[Work to complete] If a line of the data below contains the string "UsualRow", copy it into your answer.
________________________
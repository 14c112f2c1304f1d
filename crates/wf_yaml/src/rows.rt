// The lines of a source, and where a node begins.
ghost use Rattle.std.specs.Prelude.{◌+◌, ◌<◌, vec_len, length};

/// A line: its number, how many spaces it begins with, and the rest of it.
#[derive(Drop)]
pub(crate) struct Row {
    pub(crate) number: u32,
    pub(crate) indent: usize,
    pub(crate) text: Vec<char>,
    ghost small: { indent + vec_len text < 4294967296 },
}

/// Where a node or an entry begins: the line's number, the column of its content, and the content.
#[derive(Clone, Copy, Drop)]
pub(crate) struct Head<'a> {
    pub(crate) number: u32,
    pub(crate) column: usize,
    pub(crate) text: &'a [char],
    ghost small: { column + length text.now < 4294967296 },
}
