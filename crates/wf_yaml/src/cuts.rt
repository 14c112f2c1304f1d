// Lines cut at the heads of a block's entries.
ghost use Rattle.std.specs.Prelude.{◌≡◌, ◌≤◌, true, length, take, drop, IfSome, slice_get};
ghost use Rattle.wf_yaml_line.specs.Fault.{noted};
ghost use Rattle.wf_yaml.specs.Rows as lines;
ghost use Rattle.wf_yaml.specs.Cuts as cuts;
ghost use Rattle.wf_yaml.specs.Views.{see, see_all, see_head};

use crate::rows::{Head, Row};
use crate::starts::{is_item, starts_tab};
use wf_yaml_line::{Fault, Kind, is_blank_line};

/// The line as the head of what stands in it.
pub(crate) fn head_of(row: &Row) -> Head<'_>
    ensures { see_head result ≡ see row.now }
{
    Head {
        number: row.number,
        column: row.indent,
        text: &row.text,
    }
}

/// A line that fits no open block.
pub(crate) fn misplaced(number: u32, text: &[char]) -> Fault
    ensures { lines.misplaced_at number text.now ≡ result }
{
    let kind = if starts_tab(text) {
        Kind::Tab
    } else {
        Kind::Indentation
    };
    Fault { line: number, kind }
}

/// Without the blank lines at the front.
pub(crate) fn counting(rows: &[Row]) -> &[Row]
    ensures { see_all result.now ≡ lines.counting (see_all rows.now) }
{
    let mut rest = rows;
    'skip: loop {
        match rest {
            [row, after @ ..] => {
                if !is_blank_line(&row.text) {
                    return rest;
                }
                rest = after;
            }
            [] => return rest,
        }
    }
}

/// No line that counts may be left.
pub(crate) fn no_more(rows: &[Row]) -> Option<Fault>
    ensures { noted result ≡ lines.no_more (see_all rows.now) }
{
    match counting(rows) {
        [] => None,
        [row, ..] => Some(misplaced(row.number, &row.text)),
    }
}

fn is_head(in_map: bool, indent: usize, row: &Row) -> bool
    ensures { result ≡ cuts.heads in_map indent (see row.now) }
{
    if is_blank_line(&row.text) || indent < row.indent {
        return false;
    }
    !in_map || row.indent != indent || !is_item(&row.text)
}

/// How many lines stand before the next head of a map or a list with this indentation.
pub(crate) fn body_len(in_map: bool, indent: usize, rows: &[Row]) -> usize
    ensures within { result ≤ length rows.now }
    ensures lead { (cuts.cut (cuts.heads in_map indent) (see_all rows.now)).lead
        ≡ see_all (take result rows.now) }
    ensures entries { (cuts.cut (cuts.heads in_map indent) (see_all rows.now)).entries
        ≡ (cuts.cut (cuts.heads in_map indent) (see_all (drop result rows.now))).entries }
    ensures head { IfSome (slice_get rows.now result) (λ r. cuts.heads in_map indent (see r)
        ≡ true) }
{
    for i in 0..rows.len() {
        if is_head(in_map, indent, &rows[i]) {
            return i;
        }
    }
    rows.len()
}
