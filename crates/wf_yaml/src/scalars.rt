// Scalars, with the lines behind them.
ghost use Rattle.std.specs.Prelude.{◌≡◌, ◌≤◌};
ghost use Rattle.wf_tree.specs.Plain.{plain_tree};
ghost use Rattle.wf_yaml_line.specs.Fault.{noted};
ghost use Rattle.wf_yaml_line.specs.Views.{ReadsAs};
ghost use Rattle.wf_yaml.specs.Rows as lines;
ghost use Rattle.wf_yaml.specs.Blocks as blocks;
ghost use Rattle.wf_yaml.specs.Views.{see_all};

use crate::block_scalars::block_scalar;
use crate::cuts::{counting, no_more};
use crate::rows::Row;
use crate::starts::starts_scalar;
use std::alloc::Global;
use wf_tree::Tree;
use wf_yaml_flow::one_line;
use wf_yaml_line::{Fault, Kind, YamlFault, before_comment, may_start_plain, noting_after};

fn goes_on(floor: usize, behind: &[Row]) -> bool
    ensures { result ≡ blocks.goes_on floor (lines.counting (see_all behind.now)) }
{
    match counting(behind) {
        [] => false,
        [row, ..] => floor <= row.indent,
    }
}

/// Whether a plain scalar goes on in the next line that counts.
fn is_going_on(floor: usize, s: &[char], behind: &[Row]) -> bool
    ensures { result ≡ blocks.is_going_on floor s.now (see_all behind.now) }
{
    let (_, has_comment) = before_comment(s);
    may_start_plain(s) && !has_comment && goes_on(floor, behind)
}

fn behind_fault(floor: usize, number: u32, s: &[char], behind: &[Row]) -> Option<Fault>
    ensures { noted result ≡ blocks.behind_fault floor number s.now (see_all behind.now) }
{
    if is_going_on(floor, s, behind) {
        Some(Fault {
            line: number,
            kind: Kind::Unsupported,
        })
    } else {
        no_more(behind)
    }
}

/// A scalar or a flow collection in a line, with the lines behind it.
pub(crate) fn scalar(
    alloc: Global,
    floor: usize,
    depth: u32,
    delay: bool,
    number: u32,
    text: &[char],
    behind: &[Row],
) -> Result<Tree, YamlFault>
    requires { depth ≤ 102 }
    ensures { ReadsAs plain_tree result
        (blocks.scalar floor depth delay number text.now (see_all behind.now)) }
{
    if starts_scalar(text) {
        return block_scalar(alloc, floor, number, text, behind);
    }
    let tree = one_line(alloc, delay, number, depth, text);
    noting_after(tree, behind_fault(floor, number, text, behind))
}
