//! Reads a source of the YAML subset into a tree: its lines, block lists and maps, block scalars,
//! and the marks of a document.
#![tactic(auto)]

ghost use Rattle.std.specs.Prelude.{◌≡◌, ◌<◌, ◌≤◌, length, Ok, Err, IfOk};
ghost use Rattle.wf_tree.specs.Trees.{depth};
ghost use Rattle.wf_tree.specs.Plain.{plain_tree};
ghost use Rattle.wf_yaml.specs.Reading.{reading};
ghost use Rattle.wf_yaml.specs.Answers.{IfRefused};

mod block_scalars;
mod blocks;
mod cuts;
mod deep;
mod laws;
mod rows;
mod scalars;
mod source;
mod starts;

pub use crate::laws::reading_is_a_relation;
use crate::source::read_source;
use std::alloc::Global;
use wf_tree::Tree;
pub use wf_yaml_line::{Fault, Kind, YamlFault};

/// The tree of a source of fewer than 4,294,967,296 bytes, or its first fault: that of the earliest
/// line, and in one line the lowest kind. Lists and maps nest at most 100 deep. Want of memory says
/// nothing of the source.
#[tactic(auto, unfolding(crate::specs::Reading::reading))]
pub fn read_yaml(alloc: Global, src: &str) -> Result<Tree, YamlFault>
    requires { length src.now < 4294967296 }
    ensures tree { IfOk result (λ t. reading src.now ≡ Ok (plain_tree t)) }
    ensures depth { IfOk result (λ t. depth (plain_tree t) ≤ 100) }
    ensures fault { IfRefused result (λ f. reading src.now ≡ Err f) }
{
    read_source(alloc, src)
}
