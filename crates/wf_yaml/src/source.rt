// Sources: their lines, the marks of a document, and its tree.
ghost use Rattle.std.specs.Prelude.{◌≡◌, ◌+◌, ◌<◌, ◌≤◌, length, take, drop, IfOk};
ghost use Rattle.wf_span.specs.Lefts.{view};
ghost use Rattle.wf_tree.specs.Plain.{plain_tree};
ghost use Rattle.wf_yaml_line.specs.Fault.{noted};
ghost use Rattle.wf_yaml_line.specs.Marks as marks;
ghost use Rattle.wf_yaml_line.specs.Views.{ReadsAs};
ghost use Rattle.wf_yaml.specs.Rows as lines;
ghost use Rattle.wf_yaml.specs.Blocks as blocks;
ghost use Rattle.wf_yaml.specs.Reading as reading;
ghost use Rattle.wf_yaml.specs.Views.{see, see_all};

use crate::blocks::node;
use crate::cuts::{counting, head_of};
use crate::rows::Row;
use std::alloc::{AllocError, Global};
use wf_span::{Line, lines};
use wf_tree::Tree;
use wf_yaml_line::{Fault, Kind, YamlFault, ends_line, ends_word, noting_after};

/// The lines of a source.
fn rows_of(alloc: Global, src: &str) -> Result<Vec<Row>, AllocError>
    requires { length src.now < 4294967296 }
    ensures { IfOk result (λ rs. see_all rs.items ≡ lines.rows src.now) }
{
    let mut rows = Vec::new(alloc);
    for line in lines(src) {
        rows.push(row_of(alloc, &line)?)?;
    }
    Ok(rows)
}

fn row_of(alloc: Global, line: &Line<'_>) -> Result<Row, AllocError>
    requires { line.now.indent + length line.now.body.now < 4294967296 }
    ensures { IfOk result (λ r. see r ≡ lines.row (view line.now)) }
{
    let text = line.body.chars().collect(alloc)?;
    Ok(Row {
        number: line.number,
        indent: line.indent as usize,
        text,
    })
}

/// A source without its one `---` at the front.
fn behind_start(rows: &[Row]) -> &[Row]
    ensures { see_all result.now ≡ lines.behind_start (see_all rows.now) }
{
    match rows {
        [] => rows,
        [row, after @ ..] => if is_start(row) { after } else { rows },
    }
}

fn is_start(row: &Row) -> bool
    ensures { result ≡ lines.is_start (see row.now) }
{
    row.indent == 0 && is_dashes(&row.text) && ends_line(behind_three(&row.text))
}

fn is_dashes(text: &[char]) -> bool
    ensures { result ≡ lines.is_marked lines.dashes text.now }
{
    match text {
        ['-', '-', '-', rest @ ..] => ends_word(rest),
        _ => false,
    }
}

fn is_dots(text: &[char]) -> bool
    ensures { result ≡ lines.is_marked lines.dots text.now }
{
    match text {
        ['.', '.', '.', rest @ ..] => ends_word(rest),
        _ => false,
    }
}

fn behind_three(text: &[char]) -> &[char]
    ensures { result.now ≡ drop 3 text.now }
{
    match text {
        [_, _, _, rest @ ..] => rest,
        _ => &[],
    }
}

fn is_any_mark(row: &Row) -> bool
    ensures { result ≡ lines.is_any_mark (see row.now) }
{
    row.indent == 0 && (is_dashes(&row.text) || is_dots(&row.text))
}

/// How many lines stand before the first mark.
fn mark_at(rows: &[Row]) -> usize
    ensures within { result ≤ length rows.now }
    ensures before { see_all (take result rows.now) ≡ lines.before_mark (see_all rows.now) }
{
    for i in 0..rows.len() {
        if is_any_mark(&rows[i]) {
            return i;
        }
    }
    rows.len()
}

fn no_mark(rows: &[Row]) -> Option<Fault>
    ensures { noted result ≡ lines.no_mark (see_all rows.now) }
{
    for row in rows {
        if is_any_mark(row) {
            return Some(Fault {
                line: row.number,
                kind: Kind::Unsupported,
            });
        }
    }
    None
}

fn has_return(text: &[char]) -> bool
    ensures { result ≡ marks.among text.now marks.return_mark }
{
    for c in text {
        if '\r' == *c {
            return true;
        }
    }
    false
}

fn no_lone_return(rows: &[Row]) -> Option<Fault>
    ensures { noted result ≡ lines.no_lone_return (see_all rows.now) }
{
    for row in rows {
        if has_return(&row.text) {
            return Some(Fault {
                line: row.number,
                kind: Kind::Unsupported,
            });
        }
    }
    None
}

/// The node that all these lines are.
fn content(alloc: Global, rows: &[Row]) -> Result<Tree, YamlFault>
    ensures { ReadsAs plain_tree result
        (blocks.node 100 0 1 reading.no_delay (lines.counting (see_all rows.now))) }
{
    match counting(rows) {
        [] => Ok(Tree::Null),
        [row, behind @ ..] => node(alloc, 0, 1, false, head_of(row), behind),
    }
}

fn document(alloc: Global, rows: &[Row]) -> Result<Tree, YamlFault>
    ensures { ReadsAs plain_tree result (reading.document (see_all rows.now)) }
{
    let (front, _) = rows.split_at(mark_at(rows));
    let tree = content(alloc, front);
    noting_after(tree, no_mark(rows))
}

fn read_rows(alloc: Global, rows: &[Row]) -> Result<Tree, YamlFault>
    ensures { ReadsAs plain_tree result (reading.reading_of (see_all rows.now)) }
{
    let tree = document(alloc, behind_start(counting(rows)));
    noting_after(tree, no_lone_return(rows))
}

/// The tree of a source, or its first fault.
pub(crate) fn read_source(alloc: Global, src: &str) -> Result<Tree, YamlFault>
    requires { length src.now < 4294967296 }
    ensures { ReadsAs plain_tree result (reading.reading_of (lines.rows src.now)) }
{
    let rows = rows_of(alloc, src)?;
    read_rows(alloc, &rows)
}
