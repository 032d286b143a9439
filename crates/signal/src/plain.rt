// The power pass of a read, and the numbers of its write pass, without a branch, so that a compiler can
// run them on several points at once. The powers of any parts are added up, and beside the sum stands
// whether every part is plain: zero or of a size that a division by the amplitude keeps within the f32
// range. Then no part is a NaN, and a quotient is narrowed by rounding its bits in place.
ghost use Rattle.std.specs.Prelude.{◌≡◌, ◌+◌, ◌≤◌, min, true, not, T, is_nan};
ghost use Rattle.std.specs.Float.{binary32, binary64};
ghost use Rattle.std.specs.Float.Ieee.{div};
ghost use Rattle.laws.specs.Turns.{turns};
ghost use Rattle.numbers.specs.Numbers.{abs_of, convert};
ghost use Rattle.signal.specs.Plain.{is_plain, Usual, PlainAmplitude, common_of, error_from, run_of};
ghost use Rattle.signal.specs.Powers.{no_nan_of, span_of, with_point_of, power_step, plain_of};

use super::{IDEAL, POINTS};

// The span of 2 ^ -60: no part is smaller, unless it is zero.
const LEAST_SPAN: u32 = 0x42ff_ffff;

// 2 ^ 100: where a sum of powers is at most this, no part is above 2 ^ 60.
const MOST_SUM: f64 = 1.2676506002282294e30;

// 2 ^ -60 and 2 ^ 60.
const LEAST_AMPLITUDE: f64 = 8.673617379884035e-19;

const MOST_AMPLITUDE: f64 = 1.152921504606847e18;

// A NaN is taken for infinity: a sum that would be a NaN is infinite then, and is not used either.
fn no_nan(x: f32) -> f32
    ensures same { result ≡ no_nan_of x }
    ensures number { T (not (is_nan result)) }
{
    if x != x { 1.0 / 0.0 } else { x }
}

// Twice the bits of the size, less 1: the larger the size, the larger it is, and of a zero, where it
// wraps, it is the largest.
fn span(x: f32) -> u32
    requires { T (not (is_nan x)) }
    ensures { result ≡ span_of x }
{
    std::num::wrapping_sub_u32(f32::to_bits(x) % 0x8000_0000 * 2, 1)
}

// The smaller of two spans.
fn least(a: u32, b: u32) -> u32
    ensures { result ≡ min a b }
{
    if a < b { a } else { b }
}

// A sum of powers, and the least span of the real and of the imaginary parts on the way. The two are
// apart, as the parts are, so that they go side by side.
#[derive(Clone, Copy)]
pub struct Power {
    pub sum: f64,
    pub across: u32,
    pub up: u32,
}

// One point more.
fn with_point(power: Power, x: f32, y: f32) -> Power
    ensures { result ≡ with_point_of power x y }
{
    let a = no_nan(x);
    let b = no_nan(y);
    let u = a as f64;
    let v = b as f64;
    Power {
        sum: power.sum + (u * u + v * v),
        across: least(power.across, span(a)),
        up: least(power.up, span(b)),
    }
}

// The powers of `count` points from the place `from` on, added in that order to the sum before them.
pub fn power_run(
    real: &[f32; POINTS],
    imaginary: &[f32; POINTS],
    from: usize,
    count: usize,
    before: Power,
) -> Power
    requires { from + count ≤ 1024 }
    ensures { result ≡ turns (run_of (power_step real.now imaginary.now) from 0) count before }
{
    let mut power = before;
    for i in 0..count {
        power = with_point(power, real[from + i], imaginary[from + i]);
    }
    power
}

// Whether every part is plain: none is too small, and the sum is not too large.
pub fn are_plain(power: Power) -> bool
    ensures { result ≡ plain_of power }
{
    (power.across >= LEAST_SPAN) & (power.up >= LEAST_SPAN) & (power.sum <= MOST_SUM)
}

// Whether the parts are plain, and the amplitude too.
pub fn is_common(plain: bool, amplitude: f64) -> bool
    ensures { result ≡ common_of plain amplitude }
{
    plain & (amplitude >= LEAST_AMPLITUDE) & (amplitude <= MOST_AMPLITUDE)
}

// The size of a number: its sign's bit is cleared.
fn size(x: f64) -> f64
    requires { Usual x }
    ensures { result ≡ abs_of x }
{
    f64::from_bits(f64::to_bits(x) % 0x8000_0000_0000_0000)
}

// The nearest f32: the last 29 binary digits are rounded off in place, to the even one at a tie.
pub fn narrow(x: f64) -> f32
    requires { Usual x }
    ensures { result ≡ convert binary32 x }
{
    let b = f64::to_bits(x);
    let z = (b + 0xfff_ffff + b / 0x2000_0000 % 2) / 0x2000_0000 * 0x2000_0000;
    f64::from_bits(z) as f32
}

// A part over the amplitude.
pub fn quotient(x: f32, amplitude: f64) -> f64
    requires x_value { is_plain x ≡ true }
    requires plain_amplitude { PlainAmplitude amplitude }
    ensures same { result ≡ div binary64 x amplitude }
    ensures usual { Usual result }
{
    (x as f64) / amplitude
}

// The squared error of a point whose parts are given.
pub fn error(x: f64, y: f64) -> f64
    requires usual_x { Usual x }
    requires usual_y { Usual y }
    ensures { result ≡ error_from x y }
{
    let across = size(x) - IDEAL;
    let up = size(y) - IDEAL;
    across * across + up * up
}
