// The write pass of a read, for plain parts and a plain amplitude. A division takes long, and a point
// that waits for its quotients holds up the points behind it. So the points go by rows of 32: while a
// row is written, the next one is divided into the same places, its real parts at 0 to 31 and its
// imaginary parts at 32 to 63. A row's loop has no branch, so that a compiler can run it on several
// points at once.
ghost use Rattle.std.specs.Prelude.{◌≡◌, ◌+◌, ◌*◌, ◌<◌, ◌≤◌, length};
ghost use Rattle.std.specs.Float.{binary64};
ghost use Rattle.std.specs.Float.Ieee.{add};
ghost use Rattle.laws.specs.Turns.{turns};
ghost use Rattle.signal.specs.Signal.{error_at};
ghost use Rattle.signal.specs.Plain.{Usual, PlainRun, PlainAmplitude, error_from, sum_step, write_step, run_of};
ghost use Rattle.signal.specs.Rows.{UsualRow, point_put, divide_turn, error_turn, point_turn};

use super::POINTS;
use super::plain::{error, narrow, quotient};

// The points of a row.
const ROW: usize = 32;

// Their quotients: the real parts, then the imaginary ones.
const QUOTIENTS: usize = 64;

// Writes the point of two quotients as the point `at`, and adds its error to the sum before it.
fn write_point(x: f64, y: f64, at: usize, output: &mut [f32], before: f64) -> f64
    requires at_bound { at < 1024 }
    requires at_in_bounds { at * 2 + 2 ≤ length output.old }
    requires usual_x { Usual x }
    requires usual_y { Usual y }
    ensures errors { result ≡ add binary64 before (error_from x y) }
    ensures written { output.new ≡ point_put x y at output.old }
{
    output[at * 2] = narrow(x);
    output[at * 2 + 1] = narrow(y);
    before + error(x, y)
}

// Divides `count` points from the place `from` on, a row at most.
fn divide_row(
    real: &[f32; POINTS],
    imaginary: &[f32; POINTS],
    from: usize,
    count: usize,
    amplitude: f64,
    row: &mut [f64; QUOTIENTS],
)
    requires count_bound { count ≤ 32 }
    requires end_bound { from + count ≤ 1024 }
    requires plain_run { PlainRun real.now imaginary.now from count }
    requires plain_amplitude { PlainAmplitude amplitude }
    ensures { row.new ≡ turns (divide_turn real.now imaginary.now amplitude from) count
        row.old }
{
    for j in 0..count {
        let at = from + j;
        row[j] = quotient(real[at], amplitude);
        row[ROW + j] = quotient(imaginary[at], amplitude);
    }
}

// Writes the first `count` points of a divided row after `done` points, and adds their errors to the
// sum before them.
fn write_row(
    row: &[f64; QUOTIENTS],
    count: usize,
    done: usize,
    output: &mut [f32],
    before: f64,
) -> f64
    requires count_bound { count ≤ 32 }
    requires end_bound { done + count ≤ 1024 }
    requires count_in_bounds { (done + count) * 2 ≤ length output.old }
    requires usual_row { UsualRow row.now count }
    ensures errors { result ≡ turns (error_turn row.now) count before }
    ensures written { output.new ≡ turns (point_turn row.now done) count output.old }
{
    let mut sum = before;
    for j in 0..count {
        sum = write_point(row[j], row[ROW + j], done + j, &mut *output, sum);
    }
    sum
}

// Writes a whole row after `done` points, and divides the one from the place `next` on in its stead.
fn exchange_row(
    real: &[f32; POINTS],
    imaginary: &[f32; POINTS],
    next: usize,
    amplitude: f64,
    row: &mut [f64; QUOTIENTS],
    done: usize,
    output: &mut [f32],
    before: f64,
) -> f64
    requires next_bound { next + 32 ≤ 1024 }
    requires done_bound { done + 32 ≤ 1024 }
    requires done_in_bounds { (done + 32) * 2 ≤ length output.old }
    requires usual_row { UsualRow row.old 32 }
    requires plain_run { PlainRun real.now imaginary.now next 32 }
    requires plain_amplitude { PlainAmplitude amplitude }
    ensures errors { result ≡ turns (error_turn row.old) 32 before }
    ensures written { output.new ≡ turns (point_turn row.old done) 32 output.old }
    ensures divided { row.new ≡ turns (divide_turn real.now imaginary.now amplitude next) 32
        row.old }
{
    let mut sum = before;
    for j in 0..ROW {
        let at = next + j;
        let up = ROW + j;
        let x = row[j];
        let y = row[up];
        row[j] = quotient(real[at], amplitude);
        row[up] = quotient(imaginary[at], amplitude);
        sum = write_point(x, y, done + j, &mut *output, sum);
    }
    sum
}

// Writes `count` points from the place `from` on, after `done` points, and adds their errors to the
// sum before them. What is left after the whole rows is divided and written at the end.
pub fn write_run(
    real: &[f32; POINTS],
    imaginary: &[f32; POINTS],
    from: usize,
    done: usize,
    count: usize,
    amplitude: f64,
    output: &mut [f32],
    before: f64,
) -> f64
    requires from_bound { from + count ≤ 1024 }
    requires done_bound { done + count ≤ 1024 }
    requires count_in_bounds { (done + count) * 2 ≤ length output.old }
    requires plain_run { PlainRun real.now imaginary.now from count }
    requires plain_amplitude { PlainAmplitude amplitude }
    ensures errors { result ≡ turns (run_of (sum_step real.now imaginary.now (error_at amplitude)) from done)
        count before }
    ensures written { output.new ≡ turns (run_of (write_step real.now imaginary.now amplitude) from done)
        count output.old }
{
    let mut row = [0.0; QUOTIENTS];
    let first = count.min(ROW);
    divide_row(real, imaginary, from, first, amplitude, &mut row);
    let mut sum = before;
    let mut at = 0;
    while at + 64 <= count {
        sum = exchange_row(
            real,
            imaginary,
            from + at + ROW,
            amplitude,
            &mut row,
            done + at,
            &mut *output,
            sum,
        );
        at += ROW;
    }
    sum = write_row(&row, first, done + at, &mut *output, sum);
    at += first;
    divide_row(real, imaginary, from + at, count - at, amplitude, &mut row);
    write_row(&row, count - at, done + at, &mut *output, sum)
}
________________________
[Answer to this exercise]
ghost use Rattle.signal.specs.Rows.{UsualRow, point_put, divide_turn, error_turn, point_turn};
    requires usual_row { UsualRow row.now count }
    requires usual_row { UsualRow row.old 32 }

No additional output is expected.